- Created by: Luke Rous Meren Reddy
- Starring: Luke Rous; Meren Reddy; Mandla N; Tumi Masemola; Nkuli Sibeko; Busi Lurayi; Thuli Thabethe;
- Country of origin: South Africa

Production
- Executive producers: Meren Reddy, Mandla N, Luke Rous, Josh Rous, Tumi Masemola
- Running time: 22-26 minutes
- Production companies: BlackBrain Pictures; Endemol;

Original release
- Network: SABC 1

= City Ses'La =

South African television sitcom series

City Ses'La is a South African television sitcom series went on air from 2005-2011.The sitcom series was created and executive produced by Meren Reddy, Luke Rous, and Mandla N. The series was produced by BlackBrain Pictures and Endemol for SABC 1. Reddy, Mandla N and Rous also star in the series, alongside Busi Lurayi, Thuli Thabethe, Nkuli Sibeko and Tumi Masemola. The series saw a spinoff Ses'Top Laa in 2014.

== Cast ==

=== Main ===
- Nkuli Sibeko as Dana Roberts
- Mandla N as Themba Khumalo
- Busisiwe Lurayi as Phumzile Cele (season 1 and 4) and Thuli Thabete as Phumzile (season 2 and 3)
- Luke Rous as David Roberts
- Tumi Masemola as Letitia Ramasobane
- Meren Reddy as Gary Moodley

==Production==

=== Development ===
The concept for the series began with the Luke Rous and Meren Reddy having written a pilot episode for a comedy series originally-titled "Life Out Loud". The pilot script was shared with and workshopped by Joshua Rous, Luke Rous' older brother who was finishing a master's degree in film production from the University of Southern California's prestigious film master's program. Tumi Masemola and Mandla M who Luke and Meren met while studying at the South African School of Motion Picture and Live Performance (AFDA). were then approached to join the cast of the pilot episode. Their friendship and shared experiences formed the foundation for the series, with the team aiming to create a series that authentically depicted the challenges faced by young South Africans living in Johannesburg.

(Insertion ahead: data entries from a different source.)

//! Items with a width and a name, with dimensions that hold references: into a summary, and to a set outside.
ghost use Rattle.std.specs.Prelude.{◌≡◌, ℕ, ◌+◌, ◌-◌, ◌^◌, ◌<◌, ◌≤◌, ◌%◌, Bool, Option, Some, None, nat_lt, cond, refl, length, [], IfOk, OnOk};
ghost use Rattle.std.specs.Option.{option_copied};
ghost use Rattle.tree_cursor.specs.Keys.{greater};

use std::alloc::Global;
use sum_tree::{Item, OutOfMemory, Summary};
use tree_cursor::{Bias, Dimension, Keep, Moves, Plain, Target};

// A name, which is not `Copy`.
#[derive(Drop)]
pub(crate) struct Name {
    pub(crate) id: u64,
}

#[derive(Drop)]
pub(crate) struct Wide {
    pub(crate) width: u64,
    pub(crate) id: u64,
}

// How many items, how wide they are together, how many have an odd name, and the greatest name.
#[derive(Drop)]
pub(crate) struct Extent {
    pub(crate) items: u64,
    pub(crate) width: u64,
    pub(crate) odd: u64,
    pub(crate) name: Option<Name>,
}

// What an item is named, and what a name is.
pub(crate) fn id_of(item: Option<&Wide>) -> Option<u64> {
    match item {
        None => None,
        Some(item) => Some(item.id),
    }
}

pub(crate) fn name_id(name: Option<&Name>) -> Option<u64> {
    match name {
        None => None,
        Some(name) => Some(name.id),
    }
}

impl Summary for Extent {
    ghost use Rattle.tree_cursor.specs.Keys.{greater};
    ghost use Rattle.tree_cursor.specs.KeyLaws.{greater_none, greater_assoc, number_less};
    ghost use Rattle.tree_tests.specs.Joined.{four};
    ghost use Rattle.std.proofs.Common.{arith};

    ghost empty = { record { items = 0; width = 0; odd = 0; name = None } };

    ghost op = { λ a b. record {
      items = a.items + b.items;
      width = a.width + b.width;
      odd = a.odd + b.odd;
      name = greater (λ x y. nat_lt x.id y.id) a.name b.name;
    } };

    ghost admits = { λ a. a.odd ≤ a.items };

    ghost fits = { λ a. (a.items < 2 ^ 64) × (a.width < 2 ^ 64) × (a.odd < 2 ^ 64) };

    ghost single = { λ a. a.items ≡ 1 };

    ghost laws = { record {
      empty_admitted = Prim.omega arith;
      op_admitted = λ a b p q. Prim.omega arith;
      left_identity = λ a p. four (λ i w o n. record { items = i; width = w; odd = o; name = n })
          (Prim.omega arith) (Prim.omega arith) (Prim.omega arith) refl;
      right_identity = λ a p. four (λ i w o n. record { items = i; width = w; odd = o; name = n })
          (Prim.omega arith) (Prim.omega arith) (Prim.omega arith) (greater_none _ a.name);
      assoc = λ a b c p q r. four (λ i w o n. record { items = i; width = w; odd = o; name = n })
          (Prim.omega arith) (Prim.omega arith) (Prim.omega arith)
          (greater_assoc _ (number_less (λ x. x.id)) a.name b.name c.name);
      empty_fits = (Prim.omega arith, Prim.omega arith, Prim.omega arith);
      fits_parts = λ a b c p q r h. (Prim.omega arith, Prim.omega arith, Prim.omega arith);
    } };

    fn zero(_alloc: Global) -> Extent {
        Extent {
            items: 0,
            width: 0,
            odd: 0,
            name: None,
        }
    }

    fn add(&mut self, _alloc: Global, other: &Extent) -> Result<(), OutOfMemory> {
        self.items += other.items;
        self.width += other.width;
        self.odd += other.odd;
        self.name = match later_name(self.name.as_ref(), &other.name) {
            None => None,
            Some(name) => Some(Name { id: name.id }),
        };
        Ok(())
    }
}

impl Item for Wide {
    type Summary = Extent;

    ghost use Rattle.std.proofs.Common.{arith};

    ghost sum_of = { λ x. record {
      items = 1;
      width = x.width;
      odd = x.id % 2;
      name = Some (record { id = x.id });
    } };

    ghost admitted = { λ x. Prim.omega arith };

    ghost is_single = { λ x. refl };

    fn summary(&self, _alloc: Global) -> Result<Extent, OutOfMemory> {
        Ok(Extent {
            items: 1,
            width: self.width,
            odd: self.id % 2,
            name: Some(Name { id: self.id }),
        })
    }

    fn copy(&self, _alloc: Global) -> Result<Wide, OutOfMemory> {
        Ok(Wide {
            width: self.width,
            id: self.id,
        })
    }
}

// How wide what lies before is.
#[derive(Clone, Copy)]
pub(crate) struct Width {
    pub(crate) at: u64,
}

impl Plain for Width {
    type Value = u64;

    ghost plain = { λ d. d.at };

    ghost later = { λ p q. p ≤ q };
}

impl Moves<Extent> for Width {
    ghost use Rattle.tree_cursor.specs.CountingLaws.{adding_laws};

    ghost moved = { λ p s. Some (p + s.width) };

    ghost fits = { λ p s. p + s.width < 2 ^ 64 };

    ghost laws = { adding_laws _ _ _ _ (λ s. s.width) refl (λ a b. refl) };
}

impl<'a> Dimension<'a, Extent> for Width {
    fn try_add(self, s: &'a Extent) -> Option<Width> {
        Some(Width {
            at: self.at + s.width,
        })
    }
}

impl Target<Width> for Width {
    ghost use Rattle.tree_cursor.specs.Counting.{number_passes};
    ghost use Rattle.tree_cursor.specs.CountingLaws.{number_stays};

    ghost passes = { λ g p b. number_passes g.at p b };

    ghost stays = { λ g p q b h l. number_stays g.at p q b h l };

    fn passed(&self, at: Width, bias: Bias) -> bool {
        match bias {
            Bias::Left => self.at <= at.at,
            Bias::Right => self.at < at.at,
        }
    }
}

// The greatest name so far, lent by the summary that holds it.
#[derive(Clone, Copy)]
pub(crate) struct ByName<'a> {
    pub(crate) name: Option<&'a Name>,
}

impl<'a> Plain for ByName<'a> {
    type Value = Option<Name>;

    ghost use Rattle.tree_cursor.specs.Keys.{IsLaterKey};

    ghost plain = { λ d. option_copied d.name };

    ghost later = { IsLaterKey (λ x y. nat_lt x.id y.id) };
}

impl<'a> Moves<Extent> for ByName<'a> {
    ghost use Rattle.tree_cursor.specs.Keys.{greater};
    ghost use Rattle.tree_cursor.specs.KeyLaws.{key_laws, number_less};

    ghost moved = { λ p s. Some (greater (λ x y. nat_lt x.id y.id) p s.name) };

    ghost fits = { λ p s. Unit };

    ghost laws = { key_laws _ (number_less (λ x. x.id)) _ _ _ _ (λ s. s.name) refl
        (λ a b f g. refl) };
}

impl<'a> Dimension<'a, Extent> for ByName<'a> {
    fn try_add(self, s: &'a Extent) -> Option<ByName<'a>> {
        Some(ByName {
            name: later_name(self.name, &s.name),
        })
    }
}

// The greater of two names.
fn later_name<'n>(a: Option<&'n Name>, b: &'n Option<Name>) -> Option<&'n Name>
    ensures { option_copied result
        ≡ greater (λ x y. nat_lt x.id y.id) (option_copied a.entry) b.now }
{
    match (a, b) {
        (None, None) => None,
        (None, Some(y)) => Some(y),
        (Some(x), None) => Some(x),
        (Some(x), Some(y)) => { if x.id < y.id { Some(y) } else { Some(x) } }
    }
}

impl<'a> Target<ByName<'a>> for Name {
    ghost use Rattle.tree_cursor.specs.Keys.{key_passes};
    ghost use Rattle.tree_cursor.specs.KeyLaws.{key_stays, number_less};

    ghost passes = { λ g p b. key_passes (λ x y. nat_lt x.id y.id) (Some g) p b };

    ghost stays = { λ g p q b h l. key_stays _ (number_less (λ x. x.id)) (Some g) p q b h l };

    fn passed(&self, at: ByName<'a>, bias: Bias) -> bool {
        match at.name {
            None => false,
            Some(name) => match bias {
                Bias::Left => self.id <= name.id,
                Bias::Right => self.id < name.id,
            },
        }
    }
}

// A set of names: the odd ones, or the even ones.
#[derive(Drop)]
pub(crate) struct Parity {
    pub(crate) odd: bool,
}

// How many items before lie in a set that is borrowed from outside. A sum that lies partly in it is too coarse.
#[derive(Clone, Copy)]
pub(crate) struct Chosen<'v> {
    pub(crate) set: &'v Parity,
    pub(crate) items: u64,
}

impl<'v> Plain for Chosen<'v> {
    type Value = (Parity, u64);

    ghost plain = { λ d. (d.set.now, d.items) };

    ghost later = { λ p q. (p.0 ≡ q.0) × (p.1 ≤ q.1) };
}

impl<'v> Moves<Extent> for Chosen<'v> {
    ghost use Rattle.tree_tests.specs.Partly.{partly, chosen_count};
    ghost use Rattle.tree_tests.specs.PartlyLaws.{partly_laws, chosen_sum, chosen_few};

    ghost moved = { λ p s. partly (λ x. x.items) (λ c x. chosen_count c.odd x.items x.odd) p s };

    ghost fits = { λ p s. p.1 + s.items < 2 ^ 64 };

    ghost laws = { partly_laws (λ x. x.items) (λ c x. chosen_count c.odd x.items x.odd) _ _ _ _ refl
        (λ a b. refl) (λ c a b f g. chosen_sum c.odd a.items a.odd b.items b.odd f g)
        (λ c a f. chosen_few c.odd a.items a.odd f) (λ a s. s) };
}

impl<'a, 'v> Dimension<'a, Extent> for Chosen<'v> {
    fn try_add(self, s: &'a Extent) -> Option<Chosen<'v>> {
        let inside = if self.set.odd {
            s.odd
        } else {
            s.items.saturating_sub(s.odd)
        };
        if inside == s.items {
            Some(Chosen {
                set: self.set,
                items: self.items + s.items,
            })
        } else if inside == 0 {
            Some(self)
        } else {
            None
        }
    }
}

impl<'v> Target<Chosen<'v>> for u64 {
    ghost use Rattle.tree_cursor.specs.Counting.{number_passes};
    ghost use Rattle.tree_cursor.specs.CountingLaws.{number_stays};

    ghost passes = { λ g p b. number_passes g p.1 b };

    ghost stays = { λ g p q b h l. number_stays g p.1 q.1 b h l.1 };

    fn passed(&self, at: Chosen<'v>, bias: Bias) -> bool {
        match bias {
            Bias::Left => *self <= at.items,
            Bias::Right => *self < at.items,
        }
    }
}

// Keeps what has a width.
#[derive(Drop)]
pub(crate) struct HasWidth;

impl Keep<Extent> for HasWidth {
    ghost use Rattle.tree_cursor.specs.CountingLaws.{above_none};

    ghost keeps = { λ k s. nat_lt 0 s.width };

    ghost parts = { λ k a b f g h. above_none a.width b.width h };

    fn keep(&self, s: &Extent) -> bool {
        s.width > 0
    }
}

Fresh out of university, they formed the production company Black Brain Pictures in 2004. According to Mandla N, he worked on City Ses'la when he was 19. The group self-funded, wrote, produced, directed, edited, and acted in the pilot themselves. This led to a partnership with Endemol, which provided further support for the show.

Initially, City Ses'la was pitched to SABC 3. It was eventually picked up by SABC 1 in 2005. With the former serving an upper-class English-spesking urban demographic, much of the series had to be reworked, translating the intellectual and culturally nuanced humour of the show into South Africa’s diverse languages to fit in with the latter's language policy. Many of the jokes relied on metaphors and similes that did not easily translate, but as the series progressed, the creative team was given more freedom to adapt the humour to better reflect South African society.

Tumi Masemola described the authenticity of the portrayal and the on-screen chemistry, stating that it is a reflection of their shared experience as friends. Director Joshua Rous also stated that instead of following the traditional sitcom format, the team focused on developing character-driven narratives, thus allowing for more complex interactions between the characters, reflecting the dynamics of their real-life friendships.

=== Filming ===
All 5 seasons of the show were shot at Atlas Studios in Johannesburg,

===Music===
Theme music for the series was composed by Bruce Williams, Mighty Music Africa and Gang of Instrumentals.

==Broadcast==
The series premiered on 2 November 2005 on SABC 1. The show and its 4 seasons have been re-broadcast on SABC multiple times. City Ses'la is also available on the SABC Plus VOD platform from November 2022.

==Spinoff series==

In 2014, SABC 1 announced the spinoff series, Ses'Top La. Picking after the events of City Ses'La, the series focuses on Themba, now married to Phumzile, as they navigate life in the upperclass Sandton Gold apartments. Mandla N created and executive produced the series, as well as reprised his role with Busi Lurayi. Other City Ses'La cast members were also involved in the production, either behind the scenes or guest starring in their previous roles.